Борис Парамонов на радио "Свобода" 2012 (январь) - 2013 (май) | страница 28
Нетрудно в этом описании увидеть среди прочего мотив, возникший в западной философии гораздо позже Сореля, фашизма и Второй мировой войны, – у Мишеля Фуко, толковавшего об истине как победоносном насилии. Как видим, тема не исчезла даже после Гитлера и Сталина. Помню, как я был поражен, встретив у Фуко рассуждение о Лысенко как примере тождественности истины и силы, насилия. Ясно, откуда эта близость Сореля и Фуко: у них общий источник – Ницше. Истина не столько добывается, сколько творится, можно сказать, выбирается – но при непременном условии ее действенности, "инструментальности", как сказали бы американские прагматисты.

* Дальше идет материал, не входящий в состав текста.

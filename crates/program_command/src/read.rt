//! Reading a command line.
ghost use Rattle.std.specs.Prelude.{◌≡◌, true, Some, [], All, IfErr, IfOk, List, MatchResult};
ghost use Rattle.clap.specs.Walk.{texts};
ghost use Rattle.clap.specs.Words.{Text, fault_of, takes};
ghost use Rattle.program_command.specs.Line.{IsLineOf, drum650, said_by, said_by_words, said_of};
ghost use Rattle.program_command.specs.Line.{verbs};
ghost use Rattle.program_command.specs.Refusal.{FitsAmong};

use crate::command::Command;
use crate::found::command_in;
use crate::line::command_line;
use crate::refused::{Refused, refused_by};
use std::alloc::Global;

/// The command that the words after the program's name ask for.
///
/// # Errors
///
/// `Help` where they ask for help, `Usage` where they are no command line, `Memory` where there is
/// no memory.
pub fn read_words<'a>(alloc: Global, words: &'a [&'a str]) -> Result<Command<'a>, Refused>
    // A command's name with its files, none of which begins with a hyphen, is that command with
    // these files, unless there is no memory.
    ensures lines { (files : List Text) → All (λ verb. IsLineOf verb files (texts words.entry.now)
        → MatchResult result (λ command. said_by command ≡ (verb.name, said_of verb.files files))
        (λ refused. refused ≡ Refused.Memory)) verbs }
    // Whatever the words, the command is the one that clap finds in them, with the files that it
    // finds.
    ensures told { IfOk result (λ command.
        said_by_words (texts words.entry.now) ≡ Some (said_by command)) }
    // It comes only of words without a fault.
    ensures faultless { IfOk result (λ _. fault_of drum650 (texts words.entry.now) ≡ []) }
    // Words that are a command line are refused only where there is no memory.
    ensures taken { IfErr result (λ refused.
        takes drum650 (texts words.entry.now) ≡ true → refused ≡ Refused.Memory) }
    // Help and Usage each answer a fault that clap states of these words.
    ensures kinds { IfErr result (FitsAmong (fault_of drum650 (texts words.entry.now))) }
{
    let Ok(line) = command_line(alloc) else {
        return Err(Refused::Memory);
    };
    match line.try_get_matches_from(words) {
        Ok(matches) => Ok(command_in(&matches)),
        Err(error) => Err(refused_by(alloc, &error)),
    }
}
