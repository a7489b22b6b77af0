//! The edges from a location, in the order of the numbers of where they lead.

ghost use Rattle.std.specs.Prelude.{◌≡◌, ◌+◌, ◌*◌, ◌<◌, ◌≤◌, length, Contains, IfOk};
ghost use Rattle.base_notes.specs.Marks.{mark_on};
ghost use Rattle.ceiling_rows.specs.declared.row.Edge as one;
ghost use Rattle.ceiling_rows.specs.Rows.{HasEdges, HasEdgesOf};

use crate::raised::{BAND, BANDS, Onward, Raised};
use crate::row::Edge;
use crate::slot::Slot;
use base_notes::Mark;
use base_words::Location;
use std::alloc::{AllocError, Global};

/// The index of the mark on an edge.
fn mark_between(marks: &[Mark], from: Location, onto: Location) -> Option<u8>
    requires { length marks.now ≤ 64 }
    ensures { result ≡ mark_on marks.now from.number onto.number }
{
    match Mark::on_edge(marks, from, onto) {
        Some(place) => Some(place as u8),
        None => None,
    }
}

/// Adds the edges to where hops stand at the numbers of a band.
fn add_band(
    edges: &mut Vec<Edge>,
    marks: &[Mark],
    from: Location,
    onward: &[Option<Onward>],
    band: usize,
) -> Result<(), AllocError>
    requires few { length marks.now ≤ 64 }
    requires long { length onward.now ≡ 2200 }
    requires within { band < 44 }
    ensures added { IfOk result (λ done. HasEdgesOf marks.now from.number onward.now (band * 50)
        (band * 50 + 50) edges.new.items) }
    ensures kept { IfOk result (λ done. (edge : one.Edge) → Contains edges.old.items edge
        → Contains edges.new.items edge) }
{
    let start = band * BAND;
    for number in start..start + BAND {
        let Some(hop) = onward[number] else {
            continue;
        };
        let onto = Slot {
            number: number as u16,
        };
        edges.push(Edge {
            onto,
            time: hop.time,
            stop: hop.stop,
            mark: mark_between(marks, from, onto.location()),
            hop: hop.hop,
        })?;
    }
    Ok(())
}

/// The edges from a location to where the hops lead that were looked at.
pub fn edges_of(
    alloc: Global,
    marks: &[Mark],
    from: Location,
    raised: &Raised,
) -> Result<Vec<Edge>, AllocError>
    requires { length marks.now ≤ 64 }
    ensures { IfOk result (λ edges.
        HasEdges marks.now from.number raised.now.onward.items edges.items) }
{
    let mut edges = Vec::new(alloc);
    for band in 0..BANDS {
        if !raised.bands[band] {
            continue;
        }
        add_band(&mut edges, marks, from, &raised.onward, band)?;
    }
    Ok(edges)
}
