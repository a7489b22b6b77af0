//! From which piece on a walk in rounds is drawn, where it spends most far from its beginning.

use crate::pieces::{Content, Weighed};
use base_words::Location;
use picture_scene::Tallies;
use std::alloc::{AllocError, Global};

/// The piece from which on a walk is drawn.
#[derive(Drop)]
pub struct Start {
    /// Its number.
    at: usize,
    /// Of each piece whether it is, or has in it, the hop for which the walk is drawn from here.
    has_hop: Vec<bool>,
}

/// The number of the hop that takes most of the walk's time, of those that begin where the walk
/// spends most; and that location.
pub fn heaviest(pieces: &[Weighed<'_>], tallies: &Tallies) -> Option<(usize, Location)> {
    let most = tallies.most_time();
    let mut found: Option<(usize, Location)> = None;
    let mut longest = 0u128;
    for (number, piece) in pieces.iter().enumerate() {
        let Content::Hop(hop) = piece.content else {
            continue;
        };
        let place = hop.visit.place;
        let time = piece.once.saturating_mul(piece.taken);
        if time > longest && tallies.at(place.number()).time == most {
            longest = time;
            found = Some((number, place));
        }
    }
    found
}

/// The first of these pieces below a number that has a hop.
fn first_with(has_hop: &[bool], numbers: &[usize], below: usize) -> Option<usize> {
    for number in numbers {
        if *number < below && has_hop.get(*number) == Some(&true) {
            return Some(*number);
        }
    }
    None
}

/// Of each piece whether it is this hop, or has it in it.
fn with_hop(alloc: Global, pieces: &[Weighed<'_>], hop: usize) -> Result<Vec<bool>, AllocError> {
    let mut has_hop = Vec::new(alloc);
    for (number, piece) in pieces.iter().enumerate() {
        let is_one = match piece.content {
            Content::Hop(_) => number == hop,
            Content::Rounds(rounds) => first_with(&has_hop, rounds.pieces, number).is_some(),
        };
        has_hop.push(is_one)?;
    }
    Ok(has_hop)
}

impl Start {
    /// Where the innermost rounds that have a hop begin; the hop itself, where it stands in none.
    pub fn before(alloc: Global, pieces: &[Weighed<'_>], hop: usize) -> Result<Start, AllocError> {
        let has_hop = with_hop(alloc, pieces, hop)?;
        let (mut at, mut next) = (hop, pieces.len().saturating_sub(1));
        for _ in 0..pieces.len() {
            let Some(Content::Rounds(rounds)) = pieces.get(next).map(|piece| piece.content) else {
                break;
            };
            if rounds.times > 1 {
                at = next;
            }
            let Some(inner) = first_with(&has_hop, rounds.pieces, next) else {
                break;
            };
            next = inner;
        }
        Ok(Start { at, has_hop })
    }

    /// Whether the walk is drawn from a piece on.
    pub fn is_at(&self, number: usize) -> bool {
        self.at == number
    }

    /// Whether a piece has that in it from which on the walk is drawn.
    pub fn is_within(&self, number: usize) -> bool {
        self.has_hop.get(number) == Some(&true)
    }
}
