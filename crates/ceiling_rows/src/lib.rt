//! What the hops of each executed location take at most, from when its instruction is found at one
//! angle, and where they lead: the flow graph with word times on its edges, a row for each place
//! and angle; and by these a row for each node and angle, along the edges that a step may take with
//! what is open there. It stands on the flow graph alone, and knows of no price, level or
//! certificate.
//!
//! Code, from the bottom up. `slot` is where an instruction is found, a location at an angle;
//! `found` is the same with the notes and the timing table. `raised` has the latest ends of the
//! hops from there that were looked at. `taking` looks at all of them; where many are alike, at the
//! one that `slowest` tells. `edges` are those of where hops lead, and `rows` makes with them a
//! `row` for each slot: what its hops take at most, by where they lead. `sites` are nodes at the
//! angles at which they are found, and a `site_row` has what the hops from one take at most.
//!
//! Definitions, in the order to read them: `Steps` (how long a step can take, and what none takes
//! more than), `Slot` (the numbers of where instructions are found), `Marked` (the mark that a hop
//! passes), `Rows` (when rows have all hops, each with as much time as it can take), `Sites` and
//! `SiteRows` (the same of nodes). The others
//! say what the code's types mean by these: `Bands`, `Raised`, `Slowest` and `Taking`.
//!
//! Proofs. `LastEnds` shows which of many data addresses makes a hop end last, and `Raises` and
//! `RowLaws` that a row has all hops. `Bands` has lemmas on what stands at the numbers, and
//! `Pushed` on lists with one more at their end. `Angles` has the angles at which locations are
//! found, `SiteKeys` sites as keys of a set, and `SiteLaws` that the rows of sites have all hops.
#![tactic(auto)]

mod edges;
mod found;
mod raised;
mod row;
mod rows;
mod site_row;
mod sites;
mod slot;
mod slowest;
mod taking;

pub use row::{Edge, Row};
pub use rows::rows_of;
pub use site_row::{SiteEdge, SiteRow, site_rows};
pub use sites::{Site, Sites};
pub use slot::Slot;
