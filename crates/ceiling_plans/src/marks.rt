//! The marks, and how they stand in one another.

use base_notes::Mark;
use std::alloc::{AllocError, Global};

/// A mark among others. Sets of marks are bits: bit j stands for the mark with index j.
#[derive(Clone, Copy)]
pub struct Standing {
    pub bit: u64,
    /// How often it is passed at most, since the last pass of one that it stands inside of.
    pub most: u32,
    /// The marks that it stands inside of.
    pub outer: u64,
    /// The marks that stand inside of it.
    pub inner: u64,
}

/// The bit of the mark with this index.
pub fn bit_of(mark: u8) -> u64 {
    let first: u64 = 1;
    first.wrapping_shl(u32::from(mark))
}

/// The marks, in their order.
#[derive(Drop)]
pub struct Marks {
    pub list: Vec<Standing>,
}

impl Marks {
    /// Those of notes.
    pub fn of(alloc: Global, marks: &[Mark]) -> Result<Marks, AllocError> {
        let list = Vec::new(alloc);
        let mut told = Marks { list };
        for (place, mark) in (0..u8::MAX).zip(marks) {
            let outer = match mark.inside {
                Some(around) => told.with_outer(around),
                None => 0,
            };
            let bit = bit_of(place);
            told.list.push(Standing {
                bit,
                most: u32::from(mark.most),
                outer,
                inner: 0,
            })?;
            told.add_inner(bit, outer);
        }
        Ok(told)
    }

    /// A mark, and those that it stands inside of.
    fn with_outer(&self, mark: usize) -> u64 {
        match self.list.get(mark) {
            Some(standing) => standing.bit | standing.outer,
            None => 0,
        }
    }

    /// Tells these marks that one stands inside of them.
    fn add_inner(&mut self, bit: u64, outer: u64) {
        for standing in self.list.iter_mut() {
            if standing.bit & outer != 0 {
                standing.inner |= bit;
            }
        }
    }

    /// The mark with this index.
    pub fn at(&self, mark: u8) -> Option<Standing> {
        self.list.get(usize::from(mark)).copied()
    }

    /// The marks that some stand inside of.
    pub fn outer_of(&self, some: u64) -> u64 {
        let mut outer = 0;
        for standing in &self.list {
            if standing.bit & some != 0 {
                outer |= standing.outer;
            }
        }
        outer
    }
}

Это жгуче интересная тема, но должен сказать, что при первом чтении еще в Советском Союзе книга Сореля несколько разочаровала меня. Дело в том, что основная эта тема у него подана в чрезмерно густой оболочке рассуждений о всеобщей стачке пролетариата как пути достижения социализма, можно сказать, прыжка в социализм. Сорель был социалистом, более того – марксистом, революционным марксистом, и он считал, что в современном, то есть начала двадцатого века, французском и германском социализме этот революционный характер марксизма утрачен, его заменила у социалистов политика компромиссов и поисков классового мира. Особенно остро нападал Сорель на парламентский социализм, больше всего на самого Жореса, тогдашнего лидера французских социалистов. Такой политикой, утверждал Сорель, социалисты включают себя в существующие структуры буржуазного государства. А Сорель был анархистом, второй его учитель после Ницше – Прудон. Это старая идея Прудона – анархическое, безгосударственное общество должно стать союзом производственных коммун. По Сорелю, зачаток таких коммун в современности – это синдикаты, то есть профсоюзные объединения рабочих, но их нужно вывести из-под влияния нынешних переродившихся социалистов, готовых к компромиссам с буржуазным государством. Течение, представленное в теории Сорелем, называлось анархо-синдикализмом.
У социалистов нет более могущественного оружия, чем всеобщая стачка пролетариата, способная парализовать и разрушить все институты и установления буржуазного общества и государства, эта стачка – инструмент победы пролетариата, а не беспринципных компромиссов. А почему, собственно, не компромиссы, не классовый мир, способный обеспечить рабочим пристойное существование и превращающий их из неимущих пролетариев в один из слоев среднего класса? Сорелю не хочется этого, ибо он не прагматик, да и не политик, а эстет, фантаст, поэт. Он хочет, так сказать, нового неба и новой земли, как говорили тогдашние его русские современники – столпы Серебряного века. Это называлось еще у русских теургическим преображением бытия или эсхатологической перспективой. Помните у Блока в статье о "музыке революции": должно перемениться всё. Он потому и умер – не от голода, а оттого, что появился нэп и снова открылись рестораны с румынской музыкой. Вот подобным поэтом был и Жорж Сорель.